▸ WHAT TO DO: From the records below, transcribe only the lines running from the one with "filename crates/deque_rule/src/steal_pass.rt" through the one with "pub type StealHandle<T: Task>". Keep both of those end lines.

▸ EXTRACTED DATA:
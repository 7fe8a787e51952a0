//! The colours that are taken for a node: chosen by neighbours, or barred. They are in two sets, which are the
//! smallest of three that have room for them.
ghost use Rattle.std.specs.Prelude.{◌≡◌, ◌+◌, ◌<◌, ◌≤◌, ◌*◌, ◌↔◌, ◌||◌, ℕ, IfOk, IsTrue, Some, length};
ghost use Rattle.std.specs.FinSet.{contains, empty, insert};
ghost use Rattle.forest_merge.specs.Free.{HasFree, least_free_colour};
ghost use Rattle.forest_merge.specs.declared.chosen.TheConstants.{COLOURS, WORDS};
ghost use Rattle.node_api.specs.Boxes.{at_port};
ghost use Rattle.colour_rules.specs.declared.payload.Payload.TheVariants.{Chosen};
ghost use Rattle.colour_rules.specs.Choice.{with_chosen};
ghost use Rattle.colour_rules.specs.Node.{up_to};
ghost use Rattle.colour_rules.specs.Taken.{barred_in, chosen_in, is_taken_in, room_of, set_in};

use crate::merge::add_chosen;
use crate::payload::Payload;
use forest_merge::{COLOURS, ChosenSet, ColourSet, WORDS, has_free, least_free};
use interference::Memory;
use node_api::Inbox;
use std::alloc::Global;

// How many words the smallest set has.
const FEW_WORDS: usize = 2;

// For how many colours the smallest set has room.
const FEW_COLOURS: u16 = FEW_WORDS as u16 * 64;

// The same of the next larger set, which has room for the colours of each network without bars. Each node has room for
// the greatest degree of its network, so one node of some hundred neighbours makes the sets of all larger.
const MORE_WORDS: usize = 16;

const MORE_COLOURS: u16 = MORE_WORDS as u16 * 64;

// The barred colours of a node; none takes no memory.
type Barred<const N: usize> = Option<Box<ColourSet<N>>>;

// The set of the chosen colours, and that of the barred ones, which is never changed. Colours are mostly few, and
// mostly none is barred. Only `make` takes memory.
#[derive(Drop)]
pub(crate) enum TakenColours {
    Few(ColourSet<FEW_WORDS>, Barred<FEW_WORDS>),
    More(Box<ColourSet<MORE_WORDS>>, Barred<MORE_WORDS>),
    Many(Box<ChosenSet>, Barred<WORDS>),
}

/// The set of those bars that are 0 to `greatest`.
pub fn barred_set<const N: usize>(bars: &[u16], greatest: u16) -> ColourSet<N>
    requires room { N ≤ WORDS }
    requires greatest { greatest < 64 * N }
    ensures { result ≡ up_to greatest bars.now }
{
    let mut barred = ColourSet::new();
    for i in 0..bars.len() {
        if bars[i] <= greatest {
            barred.add(bars[i]);
        }
    }
    barred
}

// The same set in memory of its own, or none if nothing is barred.
fn boxed_bars<const N: usize>(
    alloc: Global,
    bars: &[u16],
    greatest: u16,
) -> Result<Barred<N>, Memory>
    requires room { N ≤ WORDS }
    requires greatest { greatest < 64 * N }
    ensures { IfOk result (λ barred. set_in barred ≡ up_to greatest bars.now) }
{
    if bars.is_empty() {
        return Ok(None);
    }
    let barred = Box::new(alloc, barred_set(bars, greatest))?;
    Ok(Some(barred))
}

impl TakenColours {
    // Nothing chosen, and those bars that are 0 to `greatest`, with room for the colours 0 to `greatest`.
    pub(crate) fn make(alloc: Global, bars: &[u16], greatest: u16) -> Result<TakenColours, Memory>
        requires { greatest < COLOURS }
        ensures chosen { IfOk result (λ taken. chosen_in taken ≡ empty) }
        ensures barred { IfOk result (λ taken. barred_in taken ≡ up_to greatest bars.now) }
        ensures room { IfOk result (λ taken. greatest < room_of taken) }
    {
        if greatest < FEW_COLOURS {
            let barred = boxed_bars(alloc, bars, greatest)?;
            Ok(TakenColours::Few(ColourSet::new(), barred))
        } else if greatest < MORE_COLOURS {
            let chosen = Box::new(alloc, ColourSet::new())?;
            let barred = boxed_bars(alloc, bars, greatest)?;
            Ok(TakenColours::More(chosen, barred))
        } else {
            let chosen = Box::new(alloc, ColourSet::new())?;
            let barred = boxed_bars(alloc, bars, greatest)?;
            Ok(TakenColours::Many(chosen, barred))
        }
    }

    // Forgets what was chosen.
    pub(crate) fn clear(&mut self)
        ensures chosen { chosen_in self.new ≡ empty }
        ensures barred { barred_in self.new ≡ barred_in self.old }
        ensures room { room_of self.new ≡ room_of self.old }
    {
        match self {
            TakenColours::Few(chosen, _) => chosen.clear(),
            TakenColours::More(chosen, _) => chosen.clear(),
            TakenColours::Many(chosen, _) => chosen.clear(),
        }
    }

    // Puts a colour among the chosen ones; one that is there already stays.
    pub(crate) fn add(&mut self, colour: u16)
        requires { colour < room_of self.old }
        ensures chosen { chosen_in self.new ≡ insert (chosen_in self.old) colour }
        ensures barred { barred_in self.new ≡ barred_in self.old }
        ensures room { room_of self.new ≡ room_of self.old }
    {
        match self {
            TakenColours::Few(chosen, _) => chosen.add(colour),
            TakenColours::More(chosen, _) => chosen.add(colour),
            TakenColours::Many(chosen, _) => chosen.add(colour),
        }
    }

    // Puts the colours that came as chosen among the chosen ones.
    pub(crate) fn add_all(&mut self, inbox: &Inbox<Payload>)
        requires colours { (port c : ℕ) → at_port inbox.now.slots port ≡ Some (Chosen c) → c < room_of self.old }
        ensures chosen { chosen_in self.new ≡ with_chosen (chosen_in self.old) inbox.now.slots }
        ensures barred { barred_in self.new ≡ barred_in self.old }
        ensures room { room_of self.new ≡ room_of self.old }
    {
        match self {
            TakenColours::Few(chosen, _) => add_chosen(chosen, inbox),
            TakenColours::More(chosen, _) => add_chosen(chosen, inbox),
            TakenColours::Many(chosen, _) => add_chosen(chosen, inbox),
        }
    }

    // The least colour that isn't taken; one of 0 to `greatest` isn't.
    pub(crate) fn least_free(&self, greatest: u16) -> u16
        requires { HasFree greatest (is_taken_in self.now) }
        ensures { result ≡ least_free_colour greatest (is_taken_in self.now) }
    {
        match self {
            TakenColours::Few(chosen, barred) => least_outside(chosen, barred, greatest),
            TakenColours::More(chosen, barred) => least_outside(chosen, barred, greatest),
            TakenColours::Many(chosen, barred) => least_outside(chosen, barred, greatest),
        }
    }

    // Whether one of the colours 0 to `greatest` is neither taken nor came as chosen.
    pub(crate) fn has_free_with(&self, greatest: u16, inbox: &Inbox<Payload>) -> bool
        requires colours { (port c : ℕ) → at_port inbox.now.slots port ≡ Some (Chosen c) → c < room_of self.now }
        ensures free { let chosen = with_chosen (chosen_in self.now) inbox.now.slots in
            IsTrue result ↔ HasFree greatest (λ c. contains chosen c || contains (barred_in self.now) c) }
    {
        match self {
            TakenColours::Few(chosen, barred) => {
                has_free_among(chosen.copy(), barred, greatest, inbox)
            }
            TakenColours::More(chosen, barred) => {
                has_free_among(chosen.copy(), barred, greatest, inbox)
            }
            TakenColours::Many(chosen, barred) => {
                has_free_among(chosen.copy(), barred, greatest, inbox)
            }
        }
    }
}

// The same, for a set of chosen colours that is used up.
fn has_free_among<const N: usize>(
    mut chosen: ColourSet<N>,
    barred: &Barred<N>,
    greatest: u16,
    inbox: &Inbox<Payload>,
) -> bool
    requires room { N ≤ WORDS }
    requires colours { (port c : ℕ) → at_port inbox.now.slots port ≡ Some (Chosen c) → c < 64 * N }
    ensures free { let chosen = with_chosen chosen.entry inbox.now.slots in
        IsTrue result ↔ HasFree greatest (λ c. contains chosen c || contains (set_in barred.now) c) }
{
    add_chosen(&mut chosen, inbox);
    has_outside(&chosen, barred, greatest)
}

// Whether one of the colours 0 to `greatest` is neither chosen nor barred.
fn has_outside<const N: usize>(chosen: &ColourSet<N>, barred: &Barred<N>, greatest: u16) -> bool
    requires room { N ≤ WORDS }
    ensures { IsTrue result ↔ HasFree greatest (λ c. contains chosen.now c || contains (set_in barred.now) c) }
{
    match barred {
        Some(barred) => has_free(chosen, barred, greatest),
        None => has_free(chosen, &ColourSet::<N>::new(), greatest),
    }
}

// The least colour that is neither chosen nor barred; one of 0 to `greatest` isn't.
fn least_outside<const N: usize>(chosen: &ColourSet<N>, barred: &Barred<N>, greatest: u16) -> u16
    requires room { N ≤ WORDS }
    requires free { HasFree greatest (λ c. contains chosen.now c || contains (set_in barred.now) c) }
    ensures { result ≡ least_free_colour greatest (λ c. contains chosen.now c || contains (set_in barred.now) c) }
{
    match barred {
        Some(barred) => least_free(chosen, barred, greatest),
        None => least_free(chosen, &ColourSet::<N>::new(), greatest),
    }
}
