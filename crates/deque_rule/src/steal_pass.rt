//! A pass at another worker's deque.

ghost use Rattle.std.specs.Prelude.{◌≡◌, ◌++◌, ◌∷◌, [], IfNone, IfSome, None};
ghost use Rattle.crossbeam_deque.specs.Handles.{stealer_deque, view};
ghost use Rattle.deque_rule.specs.Ledgers.{ledger};
ghost use Rattle.deque_rule.specs.Deques.{deque_of};

use crate::ledger::{Balance, Ledger, StealStep};
use crate::task::Task;
use crossbeam_deque::{Pass, Stealer, Worker};
use std::alloc::Global;

/// A worker's own deque.
pub type Own<T: Task> = Worker<Box<T>, Global, Ledger, Balance>;

/// What takes tasks from a worker's deque, by any thread.
pub type StealHandle<T: Task> = Stealer<Box<T>, Global, Ledger, Balance>;

/// A pass at a worker's deque, between two calls, with one share.
#[derive(Drop)]
pub struct StealPass<T: Task> {
    pub pass: Pass<Box<T>, Ledger>,
    pub ghost rests: { (pass.me.hand ≡ None) × (pass.me.spare ≡ None) },
    pub ghost share: { (view pass).shares ≡ 1 },
}

impl<T: Task> StealPass<T> {
    /// A pass that was just made.
    pub fn new(pass: Pass<Box<T>, Ledger>) -> StealPass<T>
        requires rests { (pass.me.hand ≡ None) × (pass.me.spare ≡ None) }
        requires share { (view pass).shares ≡ 1 }
        ensures pass { result.pass ≡ pass }
    {
        StealPass { pass }
    }

    /// One attempt to take the first task of the deque.
    pub fn steal(&mut self, stealer: &StealHandle<T>) -> Option<Box<T>>
        requires deque { deque_of self.old.pass ≡ stealer_deque stealer.now }
        ensures deque { deque_of self.new.pass ≡ deque_of self.old.pass }
        ensures none { IfNone result (view self.new.pass ≡ view self.old.pass) }
        ensures some { IfSome result (λ b. view self.new.pass ≡ ledger (view self.old.pass).shares
            (view self.old.pass).pushed ((view self.old.pass).taken ++ T.number_of b.value ∷ [])) }
    {
        stealer.steal_as::<StealStep>(&mut self.pass).success()
    }
}
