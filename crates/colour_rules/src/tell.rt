//! What a node sends by the roles of its ports.
ghost use Rattle.std.specs.Prelude.{◌≡◌, map};
ghost use Rattle.std.specs.List.{list_all};
ghost use Rattle.node_api.specs.Boxes.{nothing};
ghost use Rattle.colour_rules.specs.Node.{ports};
ghost use Rattle.colour_rules.specs.Program.{tells_chosen, tells_colour, tells_label};
ghost use Rattle.colour_rules.specs.Table.{is_merged};

use crate::node::ColourNode;
use crate::numbers::{Long, Short};
use crate::payload::Payload;
use crate::ports::is_merged;
use forests::Role;
use node_api::Outbox;

impl ColourNode {
    // Tells each parent the forest.
    pub(crate) fn tell_labels(&self, out: &mut Outbox<Payload>)
        requires { out.old ≡ nothing (ports self.now) }
        ensures { out.new ≡ map tells_label self.now.roles }
    {
        for port in 0..self.roles.len() {
            if let Role::Up(forest) = self.roles[port] {
                out.send(port as u32, Payload::Label(Short::new(forest)));
            }
        }
    }

    // Tells each child the node's colour in their forest.
    pub(crate) fn tell_colours(&self, out: &mut Outbox<Payload>)
        requires { out.old ≡ nothing (ports self.now) }
        ensures { out.new ≡ map (tells_colour self.now.colours) self.now.roles }
    {
        for port in 0..self.roles.len() {
            if let Role::Down(forest) = self.roles[port] {
                out.send(
                    port as u32,
                    Payload::Colour(Long::new(self.colours.own(self.id, forest))),
                );
            }
        }
    }

    // Tells each neighbour of the forests up to this one the colour that the node has chosen.
    pub(crate) fn tell_chosen(&self, forest: u16, out: &mut Outbox<Payload>)
        requires { out.old ≡ nothing (ports self.now) }
        ensures { out.new ≡ map (tells_chosen forest self.now.merged) self.now.roles }
    {
        // In the last forests these are all neighbours, and a broadcast costs no walk over the ports later on.
        if are_merged(forest, &self.roles) {
            out.broadcast(Payload::Chosen(Short::new(self.merged)));
        } else {
            self.tell_merged(forest, out);
        }
    }

    // The same, port by port.
    fn tell_merged(&self, forest: u16, out: &mut Outbox<Payload>)
        requires { out.old ≡ nothing (ports self.now) }
        ensures { out.new ≡ map (tells_chosen forest self.now.merged) self.now.roles }
    {
        for port in 0..self.roles.len() {
            if is_merged(forest, self.roles[port]) {
                out.send(port as u32, Payload::Chosen(Short::new(self.merged)));
            }
        }
    }
}

// Whether every port is of one of the forests up to this one.
fn are_merged(forest: u16, roles: &[Role]) -> bool
    ensures { result ≡ list_all (is_merged forest) roles.now }
{
    roles.iter().all(|role| is_merged(forest, *role))
}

▸ TASK ANSWER:
filename crates/deque_rule/src/steal_pass.rt
//! A pass at another worker's deque.

ghost use Rattle.std.specs.Prelude.{◌≡◌, ◌++◌, ◌∷◌, [], IfNone, IfSome, None};
ghost use Rattle.crossbeam_deque.specs.Handles.{stealer_deque, view};
ghost use Rattle.deque_rule.specs.Ledgers.{ledger};
ghost use Rattle.deque_rule.specs.Deques.{deque_of};

use crate::ledger::{Balance, Ledger, StealStep};
use crate::task::Task;
use crossbeam_deque::{Pass, Stealer, Worker};
use std::alloc::Global;

/// A worker's own deque.
pub type Own<T: Task> = Worker<Box<T>, Global, Ledger, Balance>;

/// What takes tasks from a worker's deque, by any thread.
pub type StealHandle<T: Task> = Stealer<Box<T>, Global, Ledger, Balance>;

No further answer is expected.